What is required: Keep only the lines of the data below that contain "bytes", and copy them.

-------- Provided data

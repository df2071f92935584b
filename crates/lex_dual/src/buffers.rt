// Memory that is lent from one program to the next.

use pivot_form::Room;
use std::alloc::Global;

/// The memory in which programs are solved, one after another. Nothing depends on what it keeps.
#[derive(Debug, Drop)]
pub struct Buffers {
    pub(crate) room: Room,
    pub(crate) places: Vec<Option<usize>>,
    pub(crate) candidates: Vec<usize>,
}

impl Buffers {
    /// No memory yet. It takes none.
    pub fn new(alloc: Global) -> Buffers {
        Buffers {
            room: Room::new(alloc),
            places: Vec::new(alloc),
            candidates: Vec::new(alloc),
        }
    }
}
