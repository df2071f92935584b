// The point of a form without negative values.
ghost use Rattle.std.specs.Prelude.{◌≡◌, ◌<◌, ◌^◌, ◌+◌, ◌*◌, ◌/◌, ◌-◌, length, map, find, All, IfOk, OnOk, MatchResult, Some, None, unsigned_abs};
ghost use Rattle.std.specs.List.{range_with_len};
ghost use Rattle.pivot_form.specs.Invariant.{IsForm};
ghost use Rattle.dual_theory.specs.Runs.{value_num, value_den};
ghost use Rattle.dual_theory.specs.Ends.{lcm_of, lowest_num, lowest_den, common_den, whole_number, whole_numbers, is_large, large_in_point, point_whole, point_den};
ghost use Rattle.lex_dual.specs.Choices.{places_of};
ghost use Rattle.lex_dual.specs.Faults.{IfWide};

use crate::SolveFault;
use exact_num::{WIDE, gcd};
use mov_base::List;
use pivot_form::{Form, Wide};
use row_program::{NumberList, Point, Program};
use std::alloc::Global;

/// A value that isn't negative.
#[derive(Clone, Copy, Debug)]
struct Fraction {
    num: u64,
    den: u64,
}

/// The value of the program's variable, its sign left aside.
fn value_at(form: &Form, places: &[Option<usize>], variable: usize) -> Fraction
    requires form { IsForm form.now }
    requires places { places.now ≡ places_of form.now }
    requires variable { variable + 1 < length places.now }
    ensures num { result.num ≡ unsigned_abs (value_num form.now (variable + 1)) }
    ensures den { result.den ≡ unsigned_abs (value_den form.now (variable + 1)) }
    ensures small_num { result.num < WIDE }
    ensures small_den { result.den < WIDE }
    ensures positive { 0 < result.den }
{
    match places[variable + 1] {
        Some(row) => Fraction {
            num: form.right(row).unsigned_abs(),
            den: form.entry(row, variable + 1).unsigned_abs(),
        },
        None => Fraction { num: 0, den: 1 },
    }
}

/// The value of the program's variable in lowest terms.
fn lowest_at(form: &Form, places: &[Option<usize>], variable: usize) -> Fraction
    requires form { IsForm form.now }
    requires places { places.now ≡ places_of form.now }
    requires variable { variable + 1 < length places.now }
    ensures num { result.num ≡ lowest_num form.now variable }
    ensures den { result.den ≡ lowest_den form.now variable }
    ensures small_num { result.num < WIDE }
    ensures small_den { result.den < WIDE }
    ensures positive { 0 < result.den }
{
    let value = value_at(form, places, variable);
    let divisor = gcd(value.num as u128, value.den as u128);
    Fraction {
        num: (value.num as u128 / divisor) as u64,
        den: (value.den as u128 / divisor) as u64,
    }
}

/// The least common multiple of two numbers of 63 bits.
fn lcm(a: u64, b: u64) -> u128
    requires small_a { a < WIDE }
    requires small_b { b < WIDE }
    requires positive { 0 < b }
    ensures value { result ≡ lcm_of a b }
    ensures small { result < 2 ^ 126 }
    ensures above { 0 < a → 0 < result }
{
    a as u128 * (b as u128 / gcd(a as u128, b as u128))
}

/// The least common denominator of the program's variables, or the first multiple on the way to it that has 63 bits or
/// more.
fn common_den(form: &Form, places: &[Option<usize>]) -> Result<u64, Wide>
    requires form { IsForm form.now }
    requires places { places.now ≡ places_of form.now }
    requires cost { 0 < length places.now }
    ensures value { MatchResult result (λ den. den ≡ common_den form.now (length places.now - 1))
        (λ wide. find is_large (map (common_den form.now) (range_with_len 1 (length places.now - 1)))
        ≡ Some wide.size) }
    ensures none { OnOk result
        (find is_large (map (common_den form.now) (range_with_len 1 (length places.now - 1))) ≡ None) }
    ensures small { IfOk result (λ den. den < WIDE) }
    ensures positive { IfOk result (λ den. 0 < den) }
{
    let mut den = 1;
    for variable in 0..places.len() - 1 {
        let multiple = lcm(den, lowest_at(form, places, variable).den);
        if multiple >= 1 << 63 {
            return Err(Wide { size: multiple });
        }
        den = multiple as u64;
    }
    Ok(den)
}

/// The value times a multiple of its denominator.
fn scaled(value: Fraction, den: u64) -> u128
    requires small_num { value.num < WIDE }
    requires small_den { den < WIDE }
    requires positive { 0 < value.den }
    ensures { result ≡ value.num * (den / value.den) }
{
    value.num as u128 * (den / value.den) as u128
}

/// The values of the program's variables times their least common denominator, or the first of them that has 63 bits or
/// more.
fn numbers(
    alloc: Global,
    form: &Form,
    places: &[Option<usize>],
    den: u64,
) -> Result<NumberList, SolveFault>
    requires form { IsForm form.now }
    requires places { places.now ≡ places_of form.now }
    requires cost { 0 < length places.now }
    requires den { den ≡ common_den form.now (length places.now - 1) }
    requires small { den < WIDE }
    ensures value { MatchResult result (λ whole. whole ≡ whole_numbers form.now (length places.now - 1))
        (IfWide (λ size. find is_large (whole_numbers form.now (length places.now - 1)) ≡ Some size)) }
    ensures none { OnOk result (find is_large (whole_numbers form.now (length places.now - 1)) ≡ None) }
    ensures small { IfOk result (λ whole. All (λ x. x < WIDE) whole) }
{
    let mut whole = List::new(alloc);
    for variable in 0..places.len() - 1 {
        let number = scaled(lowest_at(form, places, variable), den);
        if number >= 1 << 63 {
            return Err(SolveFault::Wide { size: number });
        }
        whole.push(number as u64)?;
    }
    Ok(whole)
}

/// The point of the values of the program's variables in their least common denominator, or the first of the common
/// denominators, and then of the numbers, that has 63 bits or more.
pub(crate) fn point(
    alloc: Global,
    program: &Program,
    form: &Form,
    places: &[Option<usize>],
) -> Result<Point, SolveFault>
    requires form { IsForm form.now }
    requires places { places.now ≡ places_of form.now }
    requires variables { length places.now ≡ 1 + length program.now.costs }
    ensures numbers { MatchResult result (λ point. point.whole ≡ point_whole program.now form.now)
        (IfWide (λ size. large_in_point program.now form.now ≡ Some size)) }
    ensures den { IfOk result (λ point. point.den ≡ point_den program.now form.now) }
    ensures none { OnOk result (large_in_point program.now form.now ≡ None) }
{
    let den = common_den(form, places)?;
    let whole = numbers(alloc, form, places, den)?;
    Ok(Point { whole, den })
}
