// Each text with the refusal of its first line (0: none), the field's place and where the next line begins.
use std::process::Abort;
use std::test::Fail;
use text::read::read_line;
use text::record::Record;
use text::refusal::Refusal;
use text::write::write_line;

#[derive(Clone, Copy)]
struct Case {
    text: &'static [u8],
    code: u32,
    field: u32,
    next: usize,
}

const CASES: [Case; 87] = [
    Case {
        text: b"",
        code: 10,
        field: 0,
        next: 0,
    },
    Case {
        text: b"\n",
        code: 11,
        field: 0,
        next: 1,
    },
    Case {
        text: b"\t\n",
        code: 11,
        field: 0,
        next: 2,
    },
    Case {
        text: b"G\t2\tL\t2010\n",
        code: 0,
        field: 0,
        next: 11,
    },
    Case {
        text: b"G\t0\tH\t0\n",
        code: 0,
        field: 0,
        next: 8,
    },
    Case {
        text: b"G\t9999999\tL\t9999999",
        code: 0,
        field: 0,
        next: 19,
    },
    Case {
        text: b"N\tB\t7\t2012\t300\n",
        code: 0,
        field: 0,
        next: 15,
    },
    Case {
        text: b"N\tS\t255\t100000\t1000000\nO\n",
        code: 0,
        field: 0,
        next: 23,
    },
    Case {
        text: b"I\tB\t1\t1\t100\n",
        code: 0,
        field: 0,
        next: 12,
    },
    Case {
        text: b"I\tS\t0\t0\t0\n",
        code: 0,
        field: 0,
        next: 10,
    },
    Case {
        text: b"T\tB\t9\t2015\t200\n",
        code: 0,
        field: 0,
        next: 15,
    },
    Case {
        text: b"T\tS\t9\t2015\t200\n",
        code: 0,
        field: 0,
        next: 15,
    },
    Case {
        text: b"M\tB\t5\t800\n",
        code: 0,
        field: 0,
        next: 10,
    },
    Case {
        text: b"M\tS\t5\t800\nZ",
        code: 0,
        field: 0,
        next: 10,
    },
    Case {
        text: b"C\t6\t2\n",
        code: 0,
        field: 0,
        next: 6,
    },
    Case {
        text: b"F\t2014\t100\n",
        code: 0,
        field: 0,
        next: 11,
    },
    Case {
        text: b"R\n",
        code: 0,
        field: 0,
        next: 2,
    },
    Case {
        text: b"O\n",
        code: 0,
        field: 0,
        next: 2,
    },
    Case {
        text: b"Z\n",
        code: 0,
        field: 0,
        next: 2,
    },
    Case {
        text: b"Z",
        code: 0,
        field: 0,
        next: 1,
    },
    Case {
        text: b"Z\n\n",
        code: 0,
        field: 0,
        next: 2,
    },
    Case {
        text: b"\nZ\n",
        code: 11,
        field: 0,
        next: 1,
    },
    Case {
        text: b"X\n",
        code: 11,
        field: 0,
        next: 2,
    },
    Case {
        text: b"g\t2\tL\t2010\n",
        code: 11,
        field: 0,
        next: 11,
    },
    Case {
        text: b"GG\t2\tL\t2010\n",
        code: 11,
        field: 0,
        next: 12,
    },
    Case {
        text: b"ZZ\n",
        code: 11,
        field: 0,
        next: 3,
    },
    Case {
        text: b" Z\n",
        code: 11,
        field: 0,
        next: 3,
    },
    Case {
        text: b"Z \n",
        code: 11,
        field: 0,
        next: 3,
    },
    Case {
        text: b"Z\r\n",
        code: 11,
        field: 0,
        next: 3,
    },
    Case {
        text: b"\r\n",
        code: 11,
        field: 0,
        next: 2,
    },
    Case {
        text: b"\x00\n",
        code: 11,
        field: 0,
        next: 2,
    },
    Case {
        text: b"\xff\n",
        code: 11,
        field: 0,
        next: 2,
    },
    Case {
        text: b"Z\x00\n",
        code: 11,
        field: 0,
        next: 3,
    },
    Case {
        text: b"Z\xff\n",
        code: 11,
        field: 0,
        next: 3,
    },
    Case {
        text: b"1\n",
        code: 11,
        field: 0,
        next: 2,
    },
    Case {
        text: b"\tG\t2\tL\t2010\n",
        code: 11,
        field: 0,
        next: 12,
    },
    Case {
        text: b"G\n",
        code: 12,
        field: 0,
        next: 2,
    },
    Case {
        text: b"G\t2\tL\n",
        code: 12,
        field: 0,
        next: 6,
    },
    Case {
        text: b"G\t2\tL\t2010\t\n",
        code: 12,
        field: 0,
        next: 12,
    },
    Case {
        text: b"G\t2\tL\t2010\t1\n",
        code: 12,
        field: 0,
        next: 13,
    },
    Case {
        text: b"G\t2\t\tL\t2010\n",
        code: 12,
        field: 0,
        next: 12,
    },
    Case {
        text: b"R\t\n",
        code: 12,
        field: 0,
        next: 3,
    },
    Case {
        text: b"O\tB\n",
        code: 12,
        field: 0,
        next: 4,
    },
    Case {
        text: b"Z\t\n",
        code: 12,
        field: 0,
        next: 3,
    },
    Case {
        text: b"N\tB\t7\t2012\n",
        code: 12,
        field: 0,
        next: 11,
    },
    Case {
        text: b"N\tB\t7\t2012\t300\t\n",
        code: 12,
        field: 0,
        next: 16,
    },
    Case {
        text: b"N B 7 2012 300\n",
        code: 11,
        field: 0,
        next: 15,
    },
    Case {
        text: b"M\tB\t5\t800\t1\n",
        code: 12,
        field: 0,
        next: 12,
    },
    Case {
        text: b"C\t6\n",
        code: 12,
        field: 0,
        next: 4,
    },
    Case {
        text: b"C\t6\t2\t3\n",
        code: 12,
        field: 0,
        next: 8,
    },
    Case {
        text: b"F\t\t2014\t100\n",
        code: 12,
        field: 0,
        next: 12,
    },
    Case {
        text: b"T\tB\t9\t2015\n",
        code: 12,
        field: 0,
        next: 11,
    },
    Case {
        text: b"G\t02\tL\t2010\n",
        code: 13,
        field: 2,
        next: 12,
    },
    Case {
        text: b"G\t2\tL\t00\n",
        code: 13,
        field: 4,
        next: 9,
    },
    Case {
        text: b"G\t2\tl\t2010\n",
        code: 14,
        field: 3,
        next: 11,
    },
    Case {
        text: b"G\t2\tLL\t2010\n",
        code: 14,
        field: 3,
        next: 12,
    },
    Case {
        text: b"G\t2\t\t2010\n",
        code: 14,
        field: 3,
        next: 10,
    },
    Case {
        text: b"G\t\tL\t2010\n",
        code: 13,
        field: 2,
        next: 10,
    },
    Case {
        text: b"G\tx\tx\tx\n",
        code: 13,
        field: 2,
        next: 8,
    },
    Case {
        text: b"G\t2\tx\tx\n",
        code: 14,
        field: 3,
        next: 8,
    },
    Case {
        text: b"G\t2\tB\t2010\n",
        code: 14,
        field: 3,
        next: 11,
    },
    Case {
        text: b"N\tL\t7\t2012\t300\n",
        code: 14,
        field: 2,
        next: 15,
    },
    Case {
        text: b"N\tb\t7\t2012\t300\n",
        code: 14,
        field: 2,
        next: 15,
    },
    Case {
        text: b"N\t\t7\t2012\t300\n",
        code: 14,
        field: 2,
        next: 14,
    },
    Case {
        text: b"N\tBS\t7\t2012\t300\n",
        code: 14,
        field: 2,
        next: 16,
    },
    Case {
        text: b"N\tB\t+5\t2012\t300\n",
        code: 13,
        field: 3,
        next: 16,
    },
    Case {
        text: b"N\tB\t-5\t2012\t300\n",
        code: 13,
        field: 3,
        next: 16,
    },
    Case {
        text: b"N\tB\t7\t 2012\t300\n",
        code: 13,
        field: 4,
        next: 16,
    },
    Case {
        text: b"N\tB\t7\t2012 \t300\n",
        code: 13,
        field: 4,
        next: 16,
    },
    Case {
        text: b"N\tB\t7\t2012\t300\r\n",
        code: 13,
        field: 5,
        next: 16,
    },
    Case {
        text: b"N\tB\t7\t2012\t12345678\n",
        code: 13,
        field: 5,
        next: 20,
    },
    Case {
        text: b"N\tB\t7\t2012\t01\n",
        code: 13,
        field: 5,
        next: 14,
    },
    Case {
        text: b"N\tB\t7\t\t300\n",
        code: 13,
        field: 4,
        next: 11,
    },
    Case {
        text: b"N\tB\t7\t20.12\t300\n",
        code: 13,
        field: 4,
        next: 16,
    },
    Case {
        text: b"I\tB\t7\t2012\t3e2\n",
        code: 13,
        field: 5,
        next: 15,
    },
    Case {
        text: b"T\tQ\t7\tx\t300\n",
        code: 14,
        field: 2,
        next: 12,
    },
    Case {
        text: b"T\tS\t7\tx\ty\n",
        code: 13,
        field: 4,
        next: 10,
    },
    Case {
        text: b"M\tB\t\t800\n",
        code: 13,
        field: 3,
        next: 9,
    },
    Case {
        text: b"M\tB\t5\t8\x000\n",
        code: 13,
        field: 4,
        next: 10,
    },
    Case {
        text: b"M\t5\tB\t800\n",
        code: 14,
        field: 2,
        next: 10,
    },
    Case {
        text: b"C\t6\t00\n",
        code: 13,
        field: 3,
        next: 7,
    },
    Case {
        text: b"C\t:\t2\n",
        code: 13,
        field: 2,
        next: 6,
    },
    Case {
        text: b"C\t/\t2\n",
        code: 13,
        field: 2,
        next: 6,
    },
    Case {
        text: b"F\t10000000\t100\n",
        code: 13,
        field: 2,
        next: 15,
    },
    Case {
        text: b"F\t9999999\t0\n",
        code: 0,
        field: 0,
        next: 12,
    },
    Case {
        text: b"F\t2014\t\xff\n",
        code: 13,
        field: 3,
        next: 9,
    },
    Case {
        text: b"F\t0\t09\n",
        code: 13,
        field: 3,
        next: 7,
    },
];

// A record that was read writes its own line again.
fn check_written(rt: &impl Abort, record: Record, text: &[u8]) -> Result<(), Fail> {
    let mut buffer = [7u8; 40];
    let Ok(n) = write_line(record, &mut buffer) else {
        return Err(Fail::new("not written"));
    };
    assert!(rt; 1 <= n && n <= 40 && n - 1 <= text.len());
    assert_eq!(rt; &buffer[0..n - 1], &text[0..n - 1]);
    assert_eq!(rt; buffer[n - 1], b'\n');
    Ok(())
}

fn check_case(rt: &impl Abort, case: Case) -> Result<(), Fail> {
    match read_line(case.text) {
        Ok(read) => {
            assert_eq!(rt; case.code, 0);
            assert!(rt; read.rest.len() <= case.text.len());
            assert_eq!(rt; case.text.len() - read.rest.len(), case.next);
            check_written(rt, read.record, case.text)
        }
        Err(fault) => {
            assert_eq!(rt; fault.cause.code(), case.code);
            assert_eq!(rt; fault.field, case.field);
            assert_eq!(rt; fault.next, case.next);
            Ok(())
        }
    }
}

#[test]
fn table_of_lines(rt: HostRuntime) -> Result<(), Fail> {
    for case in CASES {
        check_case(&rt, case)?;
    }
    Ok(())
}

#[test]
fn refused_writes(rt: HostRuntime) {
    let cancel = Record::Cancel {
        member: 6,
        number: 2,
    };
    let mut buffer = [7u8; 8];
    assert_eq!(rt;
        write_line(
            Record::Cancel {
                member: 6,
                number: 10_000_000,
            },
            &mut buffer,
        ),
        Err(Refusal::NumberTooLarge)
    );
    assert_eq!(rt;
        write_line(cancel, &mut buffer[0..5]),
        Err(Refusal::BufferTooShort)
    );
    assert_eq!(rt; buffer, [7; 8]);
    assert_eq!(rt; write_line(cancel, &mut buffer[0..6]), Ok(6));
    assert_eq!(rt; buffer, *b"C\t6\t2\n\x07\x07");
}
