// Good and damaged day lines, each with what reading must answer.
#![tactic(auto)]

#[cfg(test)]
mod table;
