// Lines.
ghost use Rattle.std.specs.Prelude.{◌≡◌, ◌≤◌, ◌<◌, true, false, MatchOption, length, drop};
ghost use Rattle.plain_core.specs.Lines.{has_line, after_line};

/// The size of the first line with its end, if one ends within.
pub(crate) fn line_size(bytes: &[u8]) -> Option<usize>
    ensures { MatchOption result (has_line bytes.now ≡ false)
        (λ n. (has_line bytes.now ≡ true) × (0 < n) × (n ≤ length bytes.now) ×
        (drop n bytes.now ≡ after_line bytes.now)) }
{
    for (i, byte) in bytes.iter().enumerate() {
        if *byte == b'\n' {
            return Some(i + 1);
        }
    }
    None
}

----------------

Exercise output:
pub(crate) fn line_size(bytes: &[u8]) -> Option<usize>
    ensures { MatchOption result (has_line bytes.now ≡ false)
        (λ n. (has_line bytes.now ≡ true) × (0 < n) × (n ≤ length bytes.now) ×
        (drop n bytes.now ≡ after_line bytes.now)) }
    for (i, byte) in bytes.iter().enumerate() {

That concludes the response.